Mindful eating and hypocrisy

I dipped my spoon into my soup and slurped the creamy goodness noisily. I crunched my piece of toast, delighting at the way it broke into chunks in my mouth… And then crumbs spilled all over my keyboard and I very nearly knocked the bowl of soup over trying to clean it up.

I eat lunch at my desk. I know, it’s not great. I choose to forgo my lunchbreak so that I can finish work half an hour earlier and eat afternoon tea with my son instead… I know it doesn’t make it okay that I eat lunch while sifting through emails, more often than not making everyone in my open-plan office hungry by wafting food smells around, but at least I have some mindful eating in my day.

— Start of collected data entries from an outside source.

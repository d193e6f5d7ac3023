ghost use Rattle.std.specs.Prelude.{◌≡◌, ◌<◌, ℕ, length, IsTrue, IfOk, OnErr, IsErrOf};
ghost use Rattle.std.specs.Io.{ReadsAtMost, WritesAtMost};
ghost use Rattle.std.specs.FinMap as map;
ghost use Rattle.ots_base.specs.Cause.{HasCause, HasCauseWhere, CountsWhere};
ghost use Rattle.ots_outside.specs.Shelf.{ShelfTold, ShelfFaults, OnlyOpening, OnlyReading, OnlyWriting, closed};
ghost use Rattle.ots_outside.specs.Shelf.{is_reading, is_writing, left_of, name_of, SameButSlot, SameButNames, Stays};
ghost use Rattle.ots_outside.specs.Shelf.{Opens, OpensWhere, Creates, CreatesWhere, WritesTo};
ghost use Rattle.ots_base.specs.Told.{IfTold};
ghost use Rattle.ots_outside.specs.Streams.{Reads};

use crate::Failed;

/// The number of a slot, through which a shelf's name is read or written, or a conversation is
/// held.
#[derive(Clone, Copy, Debug, PartialEq, Eq)]
pub struct Slot(pub u32);

/// Why a name was not opened.
#[derive(Clone, Copy, Debug, PartialEq, Eq)]
pub enum OpenError {
    /// The shelf has no such name.
    NotThere,
    /// The call failed, and the shelf has counted the fault.
    Failed,
    /// Memory ran out.
    OutOfMemory,
}

/// Why a name was not created.
#[derive(Clone, Copy, Debug, PartialEq, Eq)]
pub enum CreateError {
    /// The shelf has this name already.
    Exists,
    /// The call failed, and the shelf has counted the fault.
    Failed,
    /// Memory ran out.
    OutOfMemory,
}

/// Bytes by name, as the files of a folder.
///
/// A name is opened to be read once from its start, or created to be written at its end, each
/// through a slot of its own until that is closed. A refusal leaves all that is told of names and
/// slots as it was, and a call on one slot or name leaves what is told of the others.
pub trait Shelf {
    /// What it tells: the bytes of each name, the names that were opened, what each slot is in use
    /// for, and how often an `open` or a `create` ran out of memory. At 2^64 - 1 that count stays.
    ghost told: { Self → ShelfTold };

    /// How often a call has failed: `open`, `read`, and `create` with `write`, a count each.
    ghost faults: { Self → ShelfFaults };

    /// Opens a name. `NotThere` is answered exactly where the told names lack it. After `Ok` the
    /// slot has the name's bytes left.
    fn open(&mut self, name: &str) -> Result<Slot, OpenError>
        ensures ok { IfOk result (λ slot. Opens name.now slot.0 (told self.old) (told self.new)) }
        ensures err { OnErr result (Stays (told self.old) (told self.new)) }
        ensures not_there { IfTold (told self.old).names (λ names. OpensWhere (map.get names name.now) result) }
        ensures cause { HasCauseWhere (IsErrOf result OpenError.Failed) (faults self.old).opening
            (faults self.new).opening }
        ensures counts { OnlyOpening (faults self.old) (faults self.new) }
        ensures short { CountsWhere (IsErrOf result OpenError.OutOfMemory) (told self.old).short
            (told self.new).short };

    /// Reads what an opened slot has left, as `Source::read` does.
    fn read(&mut self, slot: Slot, buf: &mut [u8]) -> Result<usize, Failed>
        requires { IsTrue (is_reading ((told self.old).slots slot.0)) }
        ensures bound { ReadsAtMost result buf.new }
        ensures bytes { Reads (left_of ((told self.old).slots slot.0)) (left_of ((told self.new).slots slot.0)) result
            buf.new }
        ensures cause { HasCause (faults self.old).reading (faults self.new).reading result }
        ensures counts { OnlyReading (faults self.old) (faults self.new) }
        ensures open { IsTrue (is_reading ((told self.new).slots slot.0)) }
        ensures others { SameButSlot slot.0 (told self.old) (told self.new) };

    /// Creates a name. `Exists` is answered exactly where the told names have it. After `Ok` the
    /// name holds no bytes.
    fn create(&mut self, name: &str) -> Result<Slot, CreateError>
        ensures ok { IfOk result (λ slot. Creates name.now slot.0 (told self.old) (told self.new)) }
        ensures err { OnErr result (Stays (told self.old) (told self.new)) }
        ensures exists { IfTold (told self.old).names (λ names. CreatesWhere (map.get names name.now) result) }
        ensures cause { HasCauseWhere (IsErrOf result CreateError.Failed) (faults self.old).writing
            (faults self.new).writing }
        ensures counts { OnlyWriting (faults self.old) (faults self.new) }
        ensures short { CountsWhere (IsErrOf result CreateError.OutOfMemory) (told self.old).short
            (told self.new).short };

    /// Writes to the name of a created slot, as `Sink::write` does.
    fn write(&mut self, slot: Slot, piece: &[u8]) -> Result<usize, Failed>
        requires { IsTrue (is_writing ((told self.old).slots slot.0)) }
        ensures bound { WritesAtMost result piece.now }
        ensures some { 0 < length piece.now → IfOk result (λ count. 0 < count) }
        ensures bytes { WritesTo (name_of ((told self.old).slots slot.0)) (told self.old) (told self.new) result
            piece.now }
        ensures cause { HasCause (faults self.old).writing (faults self.new).writing result }
        ensures counts { OnlyWriting (faults self.old) (faults self.new) }
        ensures others { SameButNames (told self.old) (told self.new) };

    /// Closes a slot. One that is closed already stays so.
    fn close(&mut self, slot: Slot)
        ensures closed { (told self.new).slots slot.0 ≡ closed }
        ensures others { SameButSlot slot.0 (told self.old) (told self.new) }
        ensures faults { faults self.new ≡ faults self.old };
}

I often bleat on about mindful eating and I do feel like a bit of hypocrite because I don’t practice what I preach at lunchtime, but that doesn’t make me wrong. It just makes me normal. We don’t always have the time (or inclination) to eat mindfully, but I still think we should strive to eat mindfully when we can.

Mindful eating is eating with awareness. That sounds kind of vague and new-agey but basically it means actually focusing on your food when you’re eating. It’s about enjoying your meal! No counting calories or judging yourself over your food choices, just appreciating your food. People who eat mindfully tend to savour their food more, choose more nutritious foods, and eat less than those who don’t. It’s not exactly rocket science to figure out why: they take their time over their meal instead of shovelling food in while multi-tasking.

So, how do you eat mindfully?

  • Sit down to eat. Don’t stand at the pantry or hover over the bench. Actually take your food to the table.
  • Put your food on a plate, even if it’s just a small snack. There’s something about this that makes food infinitely more enjoyable. It’s why I tip chips into a bowl instead of eating them out of the packet – they just taste better that way.
  • Turn off distractions. Put your phone away, turn off Netflix. That stuff detracts from the food. You can’t focus on your delicious snack if you’re scrolling Instagram.
  • Take your time. This allows your brain to catch up with your stomach and let you know when you’re getting full. If you find it hard to slow down (you might be like me and have grown up with three brothers – if you didn’t eat it quickly, you didn’t eat!), try putting your knife and fork down and having a sip of water between mouthfuls.
  • Bring all your senses to the meal – see, smell, listen, feel and taste your food. Try this out with a piece of chocoalte. Imagine you’re trying it for the first time. Smell it, listen to the snap as you take a tiny bite, feel it melting on your tongue. I guarantee it’ll be more delicious than if you scoffed it down.
  • Appreciate your food – think about the work that went in to getting that food on the table. The people who grew it, picked it, prepared it, cooked it. Be grateful for your food.
  • Share food with loved ones. This isn’t mindful eating, stritcly speaking, but it sure is important, and it can help the process of eating mindfully because you’ll probably sit down to eat together and take your time over the meal. Plus, eating together is wonderful in and of itself.

It may not be for all meals and snacks of the day, or for all days of the week, but I hope you have the ability to carve out some time for mindful eating somewhere. Not only will you appreciate and enjoy your food more, you’ll also save yourself the hassle of spilling soup all over your keyboard.